Only these lines of the data below are wanted: the one with "put_local(is_part, locals, child, found)?;", the one with "look-up for each", and any lines between them, each repeated exactly.

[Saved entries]
--------------------------------
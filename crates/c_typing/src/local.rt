// The names of an item that the item itself declares.
ghost use Rattle.std.specs.Prelude.{◌≡◌, ◌++◌, [], ◌∷◌, IfOk, OnOk, if◌then◌else◌};
ghost use Rattle.c_typing.specs.Locals as spec;

use crate::bindings::Bindings;
use crate::scope::push_rest;
use c_terms::{NoMemory, Token, TokenKind, Tree, is_expression_part};
use sqlite_items::Items;
use std::alloc::Global;

/// Whether the token is a name that one of these declarations declares. One look-up.
fn is_declared(locals: &Bindings, token: &Token) -> bool
    ensures { result ≡ spec.is_declared locals.now token.now }
{
    if token.kind != TokenKind::Name {
        return false;
    }
    match locals.find(token.text.as_bytes()) {
        Some(_) => true,
        None => false,
    }
}

/// Appends the id of a name that one of these declarations declares.
fn put_declared(locals: &Bindings, token: &Token, found: &mut Items<u64>) -> Result<(), NoMemory>
    ensures { OnOk result (found.new
        ≡ found.old ++ (if spec.is_declared locals.now token.now then token.now.id ∷ [] else [])) }
{
    if is_declared(locals, token) {
        found.push(token.id)?;
    }
    Ok(())
}

/// Appends the id of an expression, if `asked` is true and the expression is a name which one of these declarations declares.
fn put_local(
    asked: bool,
    locals: &Bindings,
    tree: &Tree,
    found: &mut Items<u64>,
) -> Result<(), NoMemory>
    ensures { OnOk result (found.new
        ≡ found.old ++ (if asked then spec.local locals.now tree.now else [])) }
{
    if !asked {
        return Ok(());
    }
    match tree {
        Tree::Leaf(token) => put_declared(locals, token, found),
        Tree::Branch(_, _) => Ok(()),
    }
}

/// Appends the ids of the local names in a tree, by place. `locals` are the names that are declared in the item around the
/// tree. Recurses once per level.
fn put_locals(
    alloc: Global,
    tree: &Tree,
    locals: &mut Bindings,
    found: &mut Items<u64>,
) -> Result<(), NoMemory>
    ensures ids { OnOk result (found.new ≡ found.old ++ spec.locals_under locals.old tree.now) }
    ensures locals { OnOk result (locals.new ≡ locals.old) }
{
    match tree {
        Tree::Leaf(_) => Ok(()),
        Tree::Branch(label, children) => {
            let outer = locals.len();
            for (i, child) in children.as_slice().iter().enumerate() {
                let is_part = is_expression_part(*label, i, child);
                put_local(is_part, locals, child, found)?;
                put_locals(alloc, child, locals, found)?;
                push_rest(alloc, *label, child, locals)?;
            }
            locals.truncate(outer);
            Ok(())
        }
    }
}

/// Returns the ids of the names of an item that a declaration in the item declares, by place. Linear, with one look-up for each
/// name, and four for each that the item declares. Recurses once per level of the item.
pub(crate) fn local_names(alloc: Global, item: &Tree) -> Result<Items<u64>, NoMemory>
    ensures ids { IfOk result (λ ids. ids ≡ spec.local_names item.now) }
{
    let mut locals = Bindings::new(alloc);
    let mut found = Items::new(alloc);
    put_locals(alloc, item, &mut locals, &mut found)?;
    Ok(found)
}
--------------------------------
→ **SOLUTION TO THIS EXERCISE**:
                put_local(is_part, locals, child, found)?;
                put_locals(alloc, child, locals, found)?;
                push_rest(alloc, *label, child, locals)?;
            }
            locals.truncate(outer);
            Ok(())
        }
    }
}

/// Returns the ids of the names of an item that a declaration in the item declares, by place. Linear, with one look-up for each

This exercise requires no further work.